The emcee questioned him about his seven days stay in Singapore and he answered everything in Thai language. The emcee would then translate for him. There was nothing suspicious at first until the second question the boy finished his sentences in less than ten seconds but the emcee translated it for nearly a minute and then I realised it was a scheme. I doubted his understanding of Thai language.

With all the apprehensive things going on, I turned to Vivi who explained to me that this carnival was organised by a religion group and then I realised it was a scheme. That was the reason why the opening and closing ceremony were such dragging events and at intervals there were people to preach about the religion.

They obviously had a good vision to influence young people because they would eventually grow up to be rich adults and that at their ages it was easier to manipulate their minds. They were also more naïve and enthusiastic, which could draw more people in.

It reminded me of the past when I was invited to a “concert” and my friend did not even stay more than five minutes on the “stage” to sing. All the songs were about their religion and that everyone just seemed so hypnotized. It was the most uncomfortable place I had ever been to, with the ghostly air all over me and ready to kill my purity anytime.

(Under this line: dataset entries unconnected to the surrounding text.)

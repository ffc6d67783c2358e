//! Where the pairs of a listing are cut into ranges.
ghost use Rattle.axioms.specs.WellFormedness.{AreDistinct};
ghost use Rattle.std.specs.Prelude.{◌≡◌, ◌≤◌, ◌^◌, IfOk, length};

use crate::edges::{Edges, add_fact};
use crate::keys::{keys_in_order, pair_with};
use crate::pair::{Pair, PairRange};
use axioms::{Memory, PropId};
use number_sets::OpenLists;
use std::alloc::Global;

// So many pairs at a time take little room, and so do those of fewer facts.
const MANY: usize = 1_000_000;

// So many facts are looked at for where to cut.
const SAMPLE: usize = 4096;

// The pairs are cut into so many ranges at most: each range goes over all facts again.
const RANGES: usize = 4;

/// How many ranges pairs are cut into of which so many of some facts are known: one for each million, as far as these tell.
fn ranges_for(pairs: usize, facts: usize) -> usize
    ensures { (1 ≤ result) × (result ≤ 4) }
{
    let each_for = facts / SAMPLE + 1;
    RANGES.min(pairs.saturating_mul(each_for) / MANY + 1)
}

/// For each property the numbers of its pairs that every so many facts give, in any order.
fn some_keys(edges: &Edges<'_>) -> Result<OpenLists<u64>, Memory>
    requires { AreDistinct edges.now.elements.now }
    ensures { IfOk result (λ lists. length lists ≡ edges.now.properties) }
{
    let from = Pair {
        property: PropId(0),
        source: 0,
        target: 0,
    };
    let range = PairRange { from, end: None };
    let mut keys = OpenLists::new(edges.alloc, edges.properties)?;
    for some in edges.facts.chunks(edges.facts.len() / SAMPLE + 1) {
        if let Some(fact) = some.first() {
            add_fact(&mut keys, &range, edges.closure, edges.elements, fact.get())?;
        }
    }
    Ok(keys)
}

/// Adds the pairs of the property with these numbers.
fn push_pairs(pairs: &mut Vec<Pair>, property: PropId, keys: &[u64]) -> Result<(), Memory> {
    for key in keys {
        pairs.push(pair_with(property, *key))?;
    }
    Ok(())
}

/// The pairs that the lists have, in order.
fn pairs_in(alloc: Global, keys: &OpenLists<u64>) -> Result<Vec<Pair>, Memory>
    requires { length keys.now ≤ 2 ^ 32 }
{
    let mut pairs = Vec::new(alloc);
    for number in 0..keys.len() {
        let list = keys_in_order(alloc, keys.at(number))?;
        push_pairs(&mut pairs, PropId(number as u32), &list)?;
    }
    Ok(pairs)
}

/// Pairs between which some as many others stand, as far as some of the facts tell: none where there are few facts, or few pairs.
pub(crate) fn cuts_of(edges: &Edges<'_>) -> Result<Vec<Pair>, Memory>
    requires distinct { AreDistinct edges.now.elements.now }
    requires few { edges.now.properties ≤ 2 ^ 32 }
{
    let mut cuts = Vec::new(edges.alloc);
    if edges.facts.len() < MANY {
        return Ok(cuts);
    }
    let keys = some_keys(edges)?;
    let pairs = pairs_in(edges.alloc, &keys)?;
    let ranges = ranges_for(pairs.len(), edges.facts.len());
    for part in 1..ranges {
        if let Some(pair) = pairs.get((pairs.len() / ranges).saturating_mul(part)) {
            cuts.push(*pair)?;
        }
    }
    Ok(cuts)
}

Although I felt so much like leaving the unholy place, I did not want to leave Vivi behind. She was alright with everything, willing to turn a deaf ear to the craps the organisers were trying to implant to everyone. I could not withstand it that I was indirectly helping them in boosting the total number of people there. I stayed put since I had to keep an eye on Vivi no matter what.

Towards the end of the crap event when I was still calm enough to keep my cool, the emcee asked each manager of the teams to get feedbacks. Logically it should be feedbacks about how the games were conducted, to seek improvement for the future events; however, their ill-intentions were surfaced out instead.

They were not expecting for comments like “the event is fun” or “the referee is biased”, but all about their religion. So, they were asking everyone like “do you want to join my religion?”

It totally disgusted me and I felt like a puppet being fooled to the place like all other people. I got a very clear picture of the real intention of the organisers. The managers of each team were their believers and that was another smart way of preaching through peer pressure. It was so hypocrite of them; it was an insult to sports.

I refused to submit to scheme and in their worthless efforts to breech their religion it turned my attitude negative instead. I was infuriated and the urge to leave the place was enormous for all the threatening brainwashed people polluting the place.

I respected freedom of speech, as well as belief; however, it was irritating to keep talking and pestering others to believe and commit to it when obviously people like me had no interest at all. And if one day I would be so foolishly to fall in love with it, I would throw myself in and need no one to annoy me.

It was the same for all religions that no one should be preaching by underhand methods inclusive of peer pressure, babes or sports. That was also the same reason why I did not intend to join any big charity organisations for their publicity seemed hypocrite sometimes.

I felt so sad. The burning agony in my heart told me how cruel the organisers were to rob my private time with Vivi away. I was also robbed off of speech and was feeling guilty that I was making Vivi worried. I could not start off the explanation to express how disgusted I felt totally.